10- Quem está de fato na prática, e não no blablablá ideológico, anti-capitalista, pró-estado, anti-hospitalar, anti-médico, sabe muito bem como é necessário, para um toxicômano, por exemplo, uma área verde, esportes, deambulação, atividade ocupacional. Nada disto existe ou é possível  em hospital geral.

11- O paciente psiquiátrico grave, grita, agita, quebra, chora alto, tudo isto é “intolerável” em hospital geral. Tem de ficar perigosamente  anestesiado lá, com todo risco de vida que isto pode implicar.

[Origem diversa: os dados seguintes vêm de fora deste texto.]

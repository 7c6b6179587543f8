ghost use Rattle.vfa_word.specs.Numbers.{IsWidth};

use crate::tests::{all_facts, listed, shown};
use crate::{Cell, CellAmounts, CellEnds, Fact, Test};
use std::process::Abort;
use std::test::Fail;
use vfa_dom::{Domain, SetOf};
use vfa_word::{Word, most};
use vfa_wrap::Wrapped;

/// The ends of the members from `low` up to `high`, by a list of these numbers.
fn listed_ends<const W: u32>(fact: &Fact<W>, low: u128, high: u128) -> Option<CellEnds>
    requires { IsWidth W }
{
    let mut found: Option<CellEnds> = None;
    'numbers: for n in low..=high {
        let x = Word::cut(n);
        if fact.has(x) {
            let reading = x.signed();
            let before = found.unwrap_or(CellEnds {
                lo: n,
                hi: n,
                slo: reading,
                shi: reading,
            });
            found = Some(CellEnds {
                lo: before.lo.min(n),
                hi: before.hi.max(n),
                slo: before.slo.min(reading),
                shi: before.shi.max(reading),
            });
        }
    }
    found
}

/// The members below the width, by a list of these numbers.
fn listed_amounts<const W: u32>(fact: &Fact<W>) -> Option<CellAmounts>
    requires { IsWidth W }
{
    let ends = listed_ends(fact, 0, u128::from(W - 1))?;
    let mut mask = 0;
    'amounts: for amount in 0..W {
        if fact.has(Word::cut(u128::from(amount))) {
            mask |= 1 << amount;
        }
    }
    Some(CellAmounts { mask, ends })
}

/// Compares the parts of a fact with lists.
fn parts_against_lists<const W: u32>(rt: &impl Abort, fact: &Fact<W>)
    requires { IsWidth W }
{
    let most = most::<W>();
    'lows: for low in 0..=most {
        'highs: for high in low..=most {
            let arc = Wrapped::new(Word::cut(low), Word::cut(high));
            let numbers = listed(&fact.known(), &arc, &Test::inside(fact.arc()));
            assert!(rt; fact.part(low, high) == numbers);
            assert!(rt; low == high || fact.part(high, low).is_none());
        }
    }
}

/// Compares the members of a cell with those of its fact, and the cells of single numbers with their facts.
fn members_against_lists<const W: u32>(rt: &impl Abort, fact: &Fact<W>)
    requires { IsWidth W }
{
    let cell = Cell::of(fact, true);
    'numbers: for n in 0..=most::<W>() {
        assert!(rt; cell.has(n) == fact.has(Word::cut(n)));
        let only = Fact::<W>::only(Word::cut(n));
        assert!(rt; Cell::literal(W, n).numbers == Some(shown(&only)));
    }
    assert!(rt; !cell.has(u128::MAX));
    assert!(rt; cell.single() == fact.single().map(|x| x.bits()));
}

/// Compares the ends of all facts of a width with lists of members.
fn ends_against_lists<const W: u32>(rt: &impl Abort, facts: &[Fact<W>])
    requires { IsWidth W }
{
    let most = most::<W>();
    'facts: for fact in facts {
        let cell = Cell::of(fact, false);
        assert!(rt; cell.ends() == listed_ends(fact, 0, most));
        assert!(rt; cell.divisors() == listed_ends(fact, 1, most));
        assert!(rt; cell.amounts() == listed_amounts(fact));
        parts_against_lists(rt, fact);
        members_against_lists(rt, fact);
    }
}

#[test]
fn all_facts_of_small_widths(rt: HostRuntime) -> Result<(), Fail> {
    ends_against_lists(&rt, &all_facts::<1>(rt.alloc())?);
    ends_against_lists(&rt, &all_facts::<2>(rt.alloc())?);
    ends_against_lists(&rt, &all_facts::<3>(rt.alloc())?);
    Ok(())
}

#[test]
fn amounts_of_a_turned_arc(rt: HostRuntime) {
    let arc = Wrapped::new(Word::cut(3), Word::cut(1));
    let any: Fact<6> = Fact::any();
    let fact = Fact::sharp(any.known(), arc, &Test::inside(arc)).expect(&rt, "an arc has numbers");
    let amounts = Cell::of(&fact, true)
        .amounts()
        .expect(&rt, "3 to 5, 0 and 1");
    assert_eq!(rt; amounts.mask, 0b111011);
    assert_eq!(rt; (amounts.ends.lo, amounts.ends.hi), (0, 5));
    // the fact of these amounts has more numbers than they are
    let below = Test::inside(Wrapped::new(Word::cut(0), Word::cut(5)));
    let sharpened = Fact::sharp(fact.known(), fact.arc(), &below).expect(&rt, "3 to 5, 0 and 1");
    assert_eq!(rt; sharpened.ends().hi, 7);
}

#[test]
fn divisors_on_both_sides_of_zero(rt: HostRuntime) {
    let arc = Wrapped::new(Word::cut(254), Word::cut(3));
    let any: Fact<8> = Fact::any();
    let fact = Fact::sharp(any.known(), arc, &Test::inside(arc)).expect(&rt, "an arc has numbers");
    let ends = Cell::of(&fact, true)
        .divisors()
        .expect(&rt, "-2, -1 and 1 to 3");
    assert_eq!(rt; (ends.lo, ends.hi), (1, 255));
    assert_eq!(rt; (ends.slo, ends.shi), (-2, 3));
    assert!(rt; Cell::literal(8, 0).divisors().is_none());
    assert!(rt; Cell::none(8).divisors().is_none() && Cell::none(8).amounts().is_none());
    assert!(rt; Cell::literal(8, 8).amounts().is_none());
}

Isto impede uma visão adequada da psicopatologia (é igual tratar infecção sem o parâmetro da febre, porque o paciente recebe dipirona de seis em seis horas).

12- Como você vai impedir um suicida, dentro de um hospital geral, no 7º andar? Vai colocar grades? Ora, mas vocês, os dito “humanistas”, não são contra as grades, a reclusão? Que negócio é esse? Dois pesos e uma medida?

13-  Hospitalização psiquiátrica não é local para paciente ficar “morando”. É internação aguda, emergencial, melhorou um pouquinho, dá pra ficar em casa, tem de vazar do hospital. Esta é a política adequada.

14- É muito comum receber-se um   paciente de Caps, com anos, decênios, de evolução, tudo sem diagnostico, tudo sem investigação médica - que poderia ser feita adequadamente só em ambiente hospitalar (neuroimagem, laboratório, testes neuropsicológicos, observação psiquiátrica, evolução, etc). Pacientes, p.ex., com demências tratáveis não diagnosticada (tipo. p.ex., neurossifilis, hiperparatireodismo, encefalite límbica, etc, tratados como “depressão”), pacientes fumando, engordando, tomando café, sedados dentro de casa, síndrome metabólica, hipertensos, dislipidêmicos, etc, tudo sem diagnóstico. Nestes casos, também a hospitalização psiquiátrica é necessária, mas não acontece. A política governamental atual é pela destruição de tais dispositivos de saúde.